— ASSIGNMENT —
Sift the material for lines containing "NameErr", and return them.

— TASK DATA —
§
/// Returns edits of the script's kind: of a building where it has one so far, and else of atoms.
fn edits<'line, 'text>(
    with_building: bool,
    turn: u32,
    between: bool,
    last: &'line Rest<'text>,
) -> Option<Statement<'line, 'text>>
    ensures { option_map statement_view result ≡ make_disturb with_building
        (items.amount turn ∷ items.the (time_word between) ∷ rest_view last.now) }
{
    if with_building {
        match last {
            Rest::RoomEdits(edits) => {
                Some(Statement::DisturbRooms(turn, between, edits.as_slice()))
            }
            _ => None,
        }
    } else {
        match last {
            Rest::Atoms(edits) => Some(Statement::DisturbAtoms(turn, between, edits.as_slice())),
            _ => None,
        }
    }
}

#[tactic(auto, using(crate::proofs::Times::untimed))]
fn timed<'line, 'text>(
    with_building: bool,
    turn: u32,
    time: &str,
    last: &'line Rest<'text>,
) -> Option<Statement<'line, 'text>>
    ensures { option_map statement_view result ≡ make_disturb with_building
        (items.amount turn ∷ items.the time.now ∷ rest_view last.now) }
{
    match between_of(time) {
        Some(between) => edits(with_building, turn, between, last),
        None => None,
    }
}

fn disturb<'line, 'text>(
    with_building: bool,
    ones: &[Said<'text>],
    last: &'line Rest<'text>,
) -> Option<Statement<'line, 'text>>
    requires { length ones.now ≡ 2 }
    ensures { option_map statement_view result ≡ make_disturb with_building (said_items ones.now last.now) }
{
    match ones {
        [Said::Number(turn), Said::The(time)] => timed(with_building, *turn, time, last),
        _ => None,
    }
}

fn run<'line, 'text>(
    ones: &[Said<'text>],
    last: &'line Rest<'text>,
) -> Option<Statement<'line, 'text>>
    requires { length ones.now ≡ 1 }
    ensures { option_map statement_view result ≡ make_run (said_items ones.now last.now) }
{
    match ones {
        [Said::Known(Named::Table, name)] => match last {
            Rest::Bindings(bindings) => Some(Statement::Run(name, bindings.as_slice())),
            _ => None,
        },
        _ => None,
    }
}

fn duo<'line, 'text>(
    ones: &[Said<'text>],
    last: &'line Rest<'text>,
) -> Option<Statement<'line, 'text>>
    requires { length ones.now ≡ 2 }
    ensures { option_map statement_view result ≡ make_duo (said_items ones.now last.now) }
{
    match ones {
        [
            Said::Known(Named::Table, one),
            Said::Known(Named::Table, other),
        ] => match last {
            Rest::Numbers(numbers) => Some(Statement::Duo(one, other, numbers.as_slice())),
            _ => None,
        },
        _ => None,
    }
}

fn facts<'line, 'text>(
    ones: &[Said<'text>],
    last: &'line Rest<'text>,
) -> Option<Statement<'line, 'text>>
    requires { length ones.now ≡ 0 }
    ensures { option_map statement_view result ≡ make_nothing spec.facts (said_items ones.now last.now) }
{
    if is_bare(ones, last) {
        Some(Statement::Facts)
    } else {
        None
    }
}

fn sort<'line, 'text>(
    ones: &[Said<'text>],
    last: &'line Rest<'text>,
) -> Option<Statement<'line, 'text>>
    requires { length ones.now ≡ 1 }
    ensures { option_map statement_view result ≡ make_sort (said_items ones.now last.now) }
{
    match ones {
        [Said::New(Named::Sort, name)] => match last {
            Rest::Declared(Named::Object, names) => Some(Statement::Sort(name, names.as_slice())),
            _ => None,
        },
        _ => None,
    }
}

fn param<'line, 'text>(
    ones: &[Said<'text>],
    last: &'line Rest<'text>,
) -> Option<Statement<'line, 'text>>
    requires { length ones.now ≡ 1 }
    ensures { option_map statement_view result ≡ make_param (said_items ones.now last.now) }
{
    match ones {
        [Said::Known(Named::Sort, name)] => match last {
            Rest::Wanted(Named::Parameter, names) => {
                Some(Statement::Param(name, names.as_slice()))
            }
            _ => None,
        },
        _ => None,
    }
}

fn table_begun<'line, 'text>(
    ones: &[Said<'text>],
    last: &Rest<'_>,
) -> Option<Statement<'line, 'text>>
    requires { length ones.now ≡ 2 }
    ensures { option_map statement_view result ≡ make_table (said_items ones.now last.now) }
{
    match ones {
        [Said::New(Named::Table, name), Said::Number(parameters)] => match last {
            Rest::Nothing => Some(Statement::Table(name, *parameters)),
            _ => None,
        },
        _ => None,
    }
}

fn step<'line, 'text>(
    ones: &[Said<'text>],
    last: &'line Rest<'text>,
) -> Option<Statement<'line, 'text>>
    requires { length ones.now ≡ 1 }
    ensures { option_map statement_view result ≡ make_step (said_items ones.now last.now) }
{
    match ones {
        [Said::Known(Named::Operator, operator)] => match last {
            Rest::Arguments(arguments) => Some(Statement::Step(operator, arguments.as_slice())),
            _ => None,
        },
        _ => None,
    }
}

fn goal<'line, 'text>(
    ones: &[Said<'text>],
    last: &'line Rest<'text>,
) -> Option<Statement<'line, 'text>>
    requires { length ones.now ≡ 0 }
    ensures { option_map statement_view result ≡ make_atoms spec.goal (said_items ones.now last.now) }
{
    Some(Statement::Goal(atoms(ones, last)?))
}

fn proof<'line, 'text>(
    ones: &[Said<'text>],
    last: &'line Rest<'text>,
) -> Option<Statement<'line, 'text>>
    requires { length ones.now ≡ 0 }
    ensures { option_map statement_view result ≡ make_proof (said_items ones.now last.now) }
{
    match ones {
        [] => match last {
            Rest::Proofs(parts) => Some(Statement::Proof(parts.as_slice())),
            _ => None,
        },
        _ => None,
    }
}

fn edited<'line, 'text>(
    name: &'text str,
    word: &str,
    source: &'text str,
    prefix: u32,
    pairs: &'line [(u32, u32)],
) -> Option<Statement<'line, 'text>>
    ensures { option_map statement_view result
        ≡ (if bytes_eq word.now (codes "from") then Some (spec.edit name.now source.now prefix pairs.now) else None) }
{
    if word == "from" {
        Some(Statement::Edit(name, source, prefix, pairs))
    } else {
        None
    }
}

fn edit<'line, 'text>(
    ones: &[Said<'text>],
    last: &'line Rest<'text>,
) -> Option<Statement<'line, 'text>>
    requires { length ones.now ≡ 4 }
    ensures { option_map statement_view result ≡ make_edit (said_items ones.now last.now) }
{
    match ones {
        [
            Said::New(Named::Table, name),
            Said::The(word),
            Said::Known(Named::Table, source),
            Said::Number(prefix),
        ] => match last {
            Rest::Pairs(pairs) => edited(name, word, source, *prefix, pairs.as_slice()),
            _ => None,
        },
        _ => None,
    }
}

fn pursue<'line, 'text>(
    ones: &[Said<'text>],
    last: &'line Rest<'text>,
) -> Option<Statement<'line, 'text>>
    requires { length ones.now ≡ 1 }
    ensures { option_map statement_view result ≡ make_pursue (said_items ones.now last.now) }
{
    match ones {
        [Said::New(Named::Result, name)] => match last {
            Rest::Atoms(goal) => Some(Statement::Pursue(name, goal.as_slice())),
            _ => None,
        },
        _ => None,
    }
}

fn tree<'line, 'text>(
    ones: &[Said<'text>],
    last: &'line Rest<'text>,
) -> Option<Statement<'line, 'text>>
    requires { length ones.now ≡ 2 }
    ensures { option_map statement_view result ≡ make_tree (said_items ones.now last.now) }
{
    match ones {
        [Said::New(Named::Result, name), Said::Number(nodes)] => match last {
            Rest::Atoms(goal) => Some(Statement::Tree(name, *nodes, goal.as_slice())),
            _ => None,
        },
        _ => None,
    }
}

/// Returns what the items of a word's line say, in a script with or without a building so far.
fn made<'line, 'text>(
    with_building: bool,
    word: &str,
    ones: &[Said<'text>],
    last: &'line Rest<'text>,
) -> Option<Statement<'line, 'text>>
    requires { IfSome (row_of with_building word.now) (λ row. length ones.now ≡ length row.ones) }
    ensures { option_map statement_view result
        ≡ option_and_then (λ entry. entry.make (said_items ones.now last.now)) (entry_of with_building word.now) }
{
    match word {
        // first, since most lines of a long script are facts
        "fact" => fact(ones, last),
        "script" => script(ones, last),
        "object" => object(ones, last),
        "predicate" => predicate(ones, last),
        "axiom" => axiom(ones, last),
        "operator" => operator(ones, last),
        "pre" => pre(ones, last),
        "delete" => delete(ones, last),
        "add" => add(ones, last),
        "building" => building(ones, last),
        "room" => room(ones, last),
        "door" => door(ones, last),
        "box" => box_in(ones, last),
        "robot" => robot(ones, last),
        "end" => end(ones, last),
        "height" => height(ones, last),
        "nodes" => nodes(ones, last),
        "shapes" => shapes(ones, last),
        "plan" => plan(ones, last),
        "learn" => learn(ones, last),
        "show" => ask(About::Show, ones, last),
        "disturb" => disturb(with_building, ones, last),
        "run" => run(ones, last),
        "facts" => facts(ones, last),
        _ => made_of_two(word, ones, last),
    }
}

/// Returns what the items of a line say whose word version 2 or a later one is the first to have.
fn made_of_two<'line, 'text>(
    word: &str,
    ones: &[Said<'text>],
    last: &'line Rest<'text>,
) -> Option<Statement<'line, 'text>>
    requires { IfSome (row_among word.now (entries_of_two ++ entries_of_three)) (λ row. length ones.now ≡ length row.ones) }
    ensures { option_map statement_view result
        ≡ option_and_then (λ entry. entry.make (said_items ones.now last.now))
        (entry_among word.now (entries_of_two ++ entries_of_three)) }
{
    match word {
        "duo" => duo(ones, last),
        "sort" => sort(ones, last),
        "param" => param(ones, last),
        "table" => table_begun(ones, last),
        "step" => step(ones, last),
        "goal" => goal(ones, last),
        "proof" => proof(ones, last),
        "save" => ask(About::Save, ones, last),
        "certify" => ask(About::Certify, ones, last),
        "edit" => edit(ones, last),
        "pursue" => pursue(ones, last),
        _ => made_of_three(word, ones, last),
    }
}

/// Returns what the items of a line say whose word version 3 is the first to have.
fn made_of_three<'line, 'text>(
    word: &str,
    ones: &[Said<'text>],
    last: &'line Rest<'text>,
) -> Option<Statement<'line, 'text>>
    requires { IfSome (row_among word.now entries_of_three) (λ row. length ones.now ≡ length row.ones) }
    ensures { option_map statement_view result
        ≡ option_and_then (λ entry. entry.make (said_items ones.now last.now)) (entry_among word.now entries_of_three) }
{
    match word {
        "weight" => weight(ones, last),
        "tree" => tree(ones, last),
        _ => None,
    }
}
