//! What a line without a fault adds.
ghost use Rattle.std.specs.Prelude.{◌≡◌, ◌<◌, ◌≤◌, ◌++◌, [], true, false, Some, length, map, All, IfOk, IsOk, OnOk};
ghost use Rattle.px_terms.specs.Limits.{most_clauses, most_formula_variables};
ghost use Rattle.px_names.specs.Lists.{names_of};
ghost use Rattle.px_names.specs.Name.{IsName};
ghost use Rattle.px_terms.specs.AtomSets.{atom_set, with_atom, IsAtomSet};
ghost use Rattle.px_terms.specs.Clauses.{IsClause};
ghost use Rattle.px_terms.specs.Instances.{IsGround};
ghost use Rattle.px_script.specs.Statements as spec;
ghost use Rattle.px_script.specs.Faultless.{IsFaultless, IsRight};
ghost use Rattle.px_effects.specs.Common.{AllByRecursion, AreOfKind, AreOfKinds, IsFresh, IsNameLexeme, spelling, with_name, atom_of, clause_of, variable_names_of, is_formed, line_of, AreInRange, AreReadable, is_fact, declared_of, leaves, with_more, signed_view, statement_view, text_of};

use crate::blocks::{
    Role, add_box, add_door, add_robot, add_room, begin_operator, close_block, extend_operator,
    open_building,
};
use crate::commands::{
    add_asked, add_command, add_duo, add_edited, add_learned, add_plan, add_pursuit, add_run,
    add_tree, disturb_atoms, disturb_rooms,
};
use crate::sorts::{add_sort, give_sort};
use crate::tables::{add_row, add_step, begin_table, set_goal};
use px_base::NoMemory;
use px_lines::SignedAtom;
use px_names::{Kind, NameErr};
use px_script::Command;
use px_so_far::{SoFar, Variables, variables};
use px_statements::Statement;
use px_terms::{ArenaErr, Atom};

/// Sets a limit of the script. That takes no memory: the result is that of the other lines.
fn set(limit: &mut Option<u32>, number: u32) -> Result<(), NoMemory>
    ensures set { limit.new ≡ Some number }
    ensures ok { IsOk result }
{
    *limit = Some(number);
    Ok(())
}

/// Adds what the line says, where it has no fault, except that there may be too many facts.
///
/// # Errors
/// `NoMemory` where there is no memory for it. Part of the line may then be added, so that nothing more is to be read.
pub fn declare(so_far: &mut SoFar, line: u32, statement: Statement<'_, '_>) -> Result<(), NoMemory>
    requires range { AreInRange (declared_of so_far.old) }
    requires formed { is_formed (declared_of so_far.old) (line_of (statement_view statement)) ≡ true }
    requires right { IsRight (declared_of so_far.old) (statement_view statement) }
    requires faultless { is_fact (statement_view statement) ≡ false → IsFaultless (declared_of so_far.old) (statement_view statement) }
    requires named { AllByRecursion IsNameLexeme (spelling (statement_view statement)) }
    ensures { OnOk result (declared_of so_far.new ≡ leaves line (declared_of so_far.old) (statement_view statement.entry)) }
{
    add_line(so_far, line, statement)
}

/// Adds what the line says, whose names are new.
fn add_line(so_far: &mut SoFar, line: u32, statement: Statement<'_, '_>) -> Result<(), NoMemory>
    requires range { AreInRange (declared_of so_far.old) }
    requires formed { is_formed (declared_of so_far.old) (line_of (statement_view statement)) ≡ true }
    requires right { IsRight (declared_of so_far.old) (statement_view statement) }
    requires faultless { is_fact (statement_view statement) ≡ false → IsFaultless (declared_of so_far.old) (statement_view statement) }
    requires named { AllByRecursion IsNameLexeme (spelling (statement_view statement)) }
    requires fresh { is_fact (statement_view statement) ≡ false
        → AreOfKinds (leaves line (declared_of so_far.old) (statement_view statement)).names }
    ensures { OnOk result (declared_of so_far.new ≡ leaves line (declared_of so_far.old) (statement_view statement.entry)) }
{
    match statement {
        Statement::Script(version) => {
            so_far.version = version;
            Ok(())
        }
        Statement::Object(names) => declare_names(so_far, Kind::Object, names),
        Statement::Predicate(name, arity) => declare_predicate(so_far, name, arity as u8),
        Statement::Axiom(literals) => add_axiom(so_far, literals),
        Statement::Operator(name, parameters) => begin_operator(so_far, line, name, parameters),
        Statement::Pre(atoms) => extend_operator(so_far, Role::Pre, atoms),
        Statement::Delete(atoms) => extend_operator(so_far, Role::Delete, atoms),
        Statement::Add(atoms) => extend_operator(so_far, Role::Add, atoms),
        Statement::Building => open_building(so_far, line),
        Statement::Room(name) => add_room(so_far, name),
        Statement::Door(name, one, other, is_open) => add_door(so_far, name, one, other, is_open),
        Statement::Box(name, room) => add_box(so_far, name, room),
        Statement::Robot(room) => add_robot(so_far, room),
        Statement::End => close_block(so_far),
        Statement::Fact(atoms) => add_facts(so_far, atoms),
        Statement::Height(height) => set(&mut so_far.height, height),
        Statement::Nodes(nodes) => set(&mut so_far.nodes, nodes),
        Statement::Shapes(shapes) => set(&mut so_far.shapes, shapes),
        Statement::Weight(weight) => set(&mut so_far.weight, weight),
        Statement::Plan(name, goal) => add_plan(so_far, name, goal),
        Statement::Learn(name, source) => add_learned(so_far, name, source),
        Statement::Ask(about, name) => add_asked(so_far, about, name),
        Statement::DisturbAtoms(turn, late, edits) => disturb_atoms(so_far, turn, late, edits),
        Statement::DisturbRooms(turn, late, edits) => disturb_rooms(so_far, turn, late, edits),
        Statement::Run(name, bindings) => add_run(so_far, name, bindings),
        Statement::Duo(one, other, numbers) => add_duo(so_far, one, other, numbers),
        Statement::Edit(name, source, prefix, pairs) => {
            add_edited(so_far, name, source, prefix, pairs)
        }
        Statement::Facts => add_command(so_far, Command::Facts),
        Statement::Table(name, parameters) => begin_table(so_far, line, name, parameters),
        Statement::Step(operator, terms) => add_step(so_far, operator, terms),
        Statement::Goal(atoms) => set_goal(so_far, atoms),
        Statement::Proof(parts) => add_row(so_far, parts),
        Statement::Pursue(name, goal) => add_pursuit(so_far, name, goal),
        Statement::Tree(name, nodes, goal) => add_tree(so_far, name, nodes, goal),
        Statement::Sort(name, objects) => add_sort(so_far, name, objects),
        Statement::Param(sort, names) => give_sort(so_far, sort, names),
    }
}

/// Adds a name that is new to its kind, which has room for it, and returns its number.
#[tactic(auto, using(crate::proofs::Fresh::welcome))]
pub fn add_name(so_far: &mut SoFar, kind: Kind, name: &str) -> Result<u32, NoMemory>
    requires fresh { IsFresh kind so_far.old.names name.now }
    ensures number { IfOk result (λ number. number ≡ length (names_of kind so_far.old.names)) }
    ensures declared { OnOk result (so_far.new ≡ record so_far.old { names = with_name kind name.now so_far.old.names }) }
{
    match so_far.names.declare(kind, name) {
        Ok(number) => Ok(number),
        Err(NameErr::NoMemory) => Err(NoMemory),
        Err(NameErr::BadName | NameErr::Duplicate | NameErr::Full) => unreachable!(),
    }
}

/// Adds names that are new to their kind, which has room for them.
pub fn declare_names(so_far: &mut SoFar, kind: Kind, names: &[&str]) -> Result<(), NoMemory>
    requires named { AllByRecursion (λ name. IsName name.now) names.now }
    requires fresh { AreOfKind kind (names_of kind so_far.old.names ++ map text_of names.now) }
    ensures { OnOk result (so_far.new ≡ record so_far.old { names = with_more kind (map text_of names.now) so_far.old.names }) }
{
    for name in names {
        add_name(so_far, kind, name)?;
    }
    Ok(())
}

fn declare_predicate(so_far: &mut SoFar, name: &str, arity: u8) -> Result<(), NoMemory>
    requires fresh { IsFresh Kind.Predicate so_far.old.names name.now }
    ensures { OnOk result (declared_of so_far.new ≡ leaves 0 (declared_of so_far.old) (spec.predicate name.now arity)) }
{
    add_name(so_far, Kind::Predicate, name)?;
    so_far.arities.push(arity)?;
    Ok(())
}

fn add_axiom(so_far: &mut SoFar, literals: &[SignedAtom<'_>]) -> Result<(), NoMemory>
    requires few_variables { length (variable_names_of (map signed_view literals.now)) ≤ most_formula_variables }
    requires readable { AreReadable (declared_of so_far.old) literals.now }
    requires clause { IsClause (clause_of (declared_of so_far.old) (map signed_view literals.now)) }
    requires room { length so_far.old.axioms < most_clauses }
    ensures { OnOk result (declared_of so_far.new ≡ leaves 0 (declared_of so_far.old) (spec.«axiom» (map signed_view literals.now))) }
{
    let variables = variables(so_far.alloc, literals)?;
    let literals = so_far.literals(&Variables::Named(&variables), literals)?;
    match so_far.axioms.push(variables.len() as u32, &literals) {
        Ok(_) => Ok(()),
        Err(ArenaErr::NoMemory) => Err(NoMemory),
        Err(ArenaErr::BadLength) => unreachable!(),
        Err(ArenaErr::Full) => unreachable!(),
    }
}

fn add_facts(so_far: &mut SoFar, atoms: &[SignedAtom<'_>]) -> Result<(), NoMemory>
    requires readable { AreReadable (declared_of so_far.old) atoms.now }
    requires fact_set { IsAtomSet so_far.old.facts.atoms }
    requires all_ground { All (λ atom. IsGround (atom_of (declared_of so_far.old) [] (signed_view atom))) atoms.now }
    ensures same { OnOk result (so_far.new ≡ record so_far.old { facts = so_far.new.facts }) }
    ensures facts { OnOk result (so_far.new.facts.atoms
        ≡ atom_set (map (atom_of (declared_of so_far.old) []) (map signed_view atoms.now) ++ so_far.old.facts.atoms)) }
{
    for atom in atoms {
        add_fact(so_far, so_far.atom(&Variables::Named(&[]), atom))?;
    }
    Ok(())
}

fn add_fact(so_far: &mut SoFar, fact: Atom) -> Result<(), NoMemory>
    requires is_ground { IsGround fact }
    ensures same { OnOk result (so_far.new ≡ record so_far.old { facts = so_far.new.facts }) }
    ensures facts { OnOk result (so_far.new.facts.atoms ≡ with_atom fact so_far.old.facts.atoms) }
{
    so_far.facts.insert(fact)?;
    Ok(())
}
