// Tests of lengths. 30: lent slices that belong together, and the lengths of the paths against the flat list. 31: the scratch. 33 and
// 34: a result against its room.
#![tactic(auto)]

ghost use Rattle.std.specs.Prelude.{◌≡◌, List, ℕ};
ghost use Rattle.timing.specs.Refusals.{◌then◌};
ghost use Rattle.timing.specs.Graphs.{design};
ghost use Rattle.timing.specs.Marks.{path_list};
ghost use Rattle.timing.specs.Tests.{edge_sizes, design_sizes, time_sizes, list_sizes, words_test, count_tests};
ghost use Rattle.timing.specs.Calls.{largest_room, counts_answer};

use entries::least;
use timing::{GraphCounts, MAX_COPIES, MAX_COPY_EDGES, Refusal, Verdict, WORDS_PER_UNIT};
use verdicts::{same_sizes, then, unless};

// 30 for four slices of edges, from their lengths: those of a design, and the tables that the deck reader is lent.
pub fn edge_sizes(starts: usize, ends: usize, early: usize, late: usize) -> Verdict
    ensures { result ≡ edge_sizes starts ends early late }
{
    let joined = same_sizes(starts, starts, ends);
    let delays = same_sizes(starts, early, late);
    then(joined, delays)
}

// 30 for the four edge slices of a design.
pub fn design_sizes(starts: &[u32], ends: &[u32], early: &[i32], late: &[i32]) -> Verdict
    ensures { (n : ℕ) (marked : List ℕ)
        → result ≡ design_sizes (design n
        starts.now ends.now early.now late.now marked) }
{
    edge_sizes(starts.len(), ends.len(), early.len(), late.len())
}

// 30 for four slices of times, with one place for each of some copies or nodes.
pub fn time_sizes(
    places: usize,
    arrivals: usize,
    requireds: usize,
    slacks: usize,
    earliests: usize,
) -> Verdict
    ensures { result ≡ time_sizes places arrivals requireds slacks earliests }
{
    let sizes = same_sizes(places, arrivals, requireds);
    let more = same_sizes(places, slacks, earliests);
    then(sizes, more)
}

// 30 for a list of paths: its lengths do not add up to the flat list. What is left of the flat list
// is counted down, so that no sum wraps. Inlined beside other tests, its loop would have no registers left for the lengths.
#[inline(never)]
pub fn and_list_sizes(before: Verdict, listed: &[u32], lengths: &[u32]) -> Verdict
    ensures { result ≡ (before then list_sizes (path_list listed.now lengths.now)) }
{
    before?;
    let mut left = listed.len();
    for k in lengths {
        let k = *k as usize;
        if left < k {
            return unless(30, false);
        }
        left -= k;
    }
    unless(30, left == 0)
}

// 31: scratch of so many words, for so many candidates, listed edges and edges of the graph worked on. The three are counted down from an
// eighth of the words, so that no product and no sum wraps.
pub fn scratch_test(words: usize, candidates: usize, listed: usize, edges: usize) -> Verdict
    ensures { result ≡ words_test candidates listed edges words }
{
    let units = words / WORDS_PER_UNIT;
    if units < candidates {
        return unless(31, false);
    }
    let left = units - candidates;
    if left < listed {
        return unless(31, false);
    }
    unless(31, edges <= left - listed)
}

// 33 and 34, from the counts of a result and the lent lengths for its copies and its edges.
fn room_tests(copies: usize, edges: usize, node_room: usize, edge_room: usize) -> Verdict
    ensures { result ≡ count_tests copies edges node_room edge_room }
{
    if least(node_room, MAX_COPIES) < copies {
        return unless(33, false);
    }
    unless(34, edges <= least(edge_room, MAX_COPY_EDGES))
}

// What is answered of a result with so many copies and edges, in a room with so many places for each: 33, 34, or its counts.
pub fn room_answer(
    copies: usize,
    edges: usize,
    node_room: usize,
    edge_room: usize,
) -> Result<GraphCounts, Refusal>
    ensures { result ≡ counts_answer (count_tests copies edges node_room edge_room) copies edges }
{
    room_tests(copies, edges, node_room, edge_room)?;
    Ok(GraphCounts { copies, edges })
}

// The same in the largest room, where none is lent: a size that is told.
pub fn largest_answer(copies: usize, edges: usize) -> Result<GraphCounts, Refusal>
    ensures { result ≡ counts_answer (count_tests copies edges largest_room.nodes largest_room.starts) copies edges }
{
    room_answer(copies, edges, MAX_COPIES, MAX_COPY_EDGES)
}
§
— ANSWER TO THIS EXERCISE —
use px_names::{Kind, NameErr};
        Err(NameErr::NoMemory) => Err(NoMemory),
        Err(NameErr::BadName | NameErr::Duplicate | NameErr::Full) => unreachable!(),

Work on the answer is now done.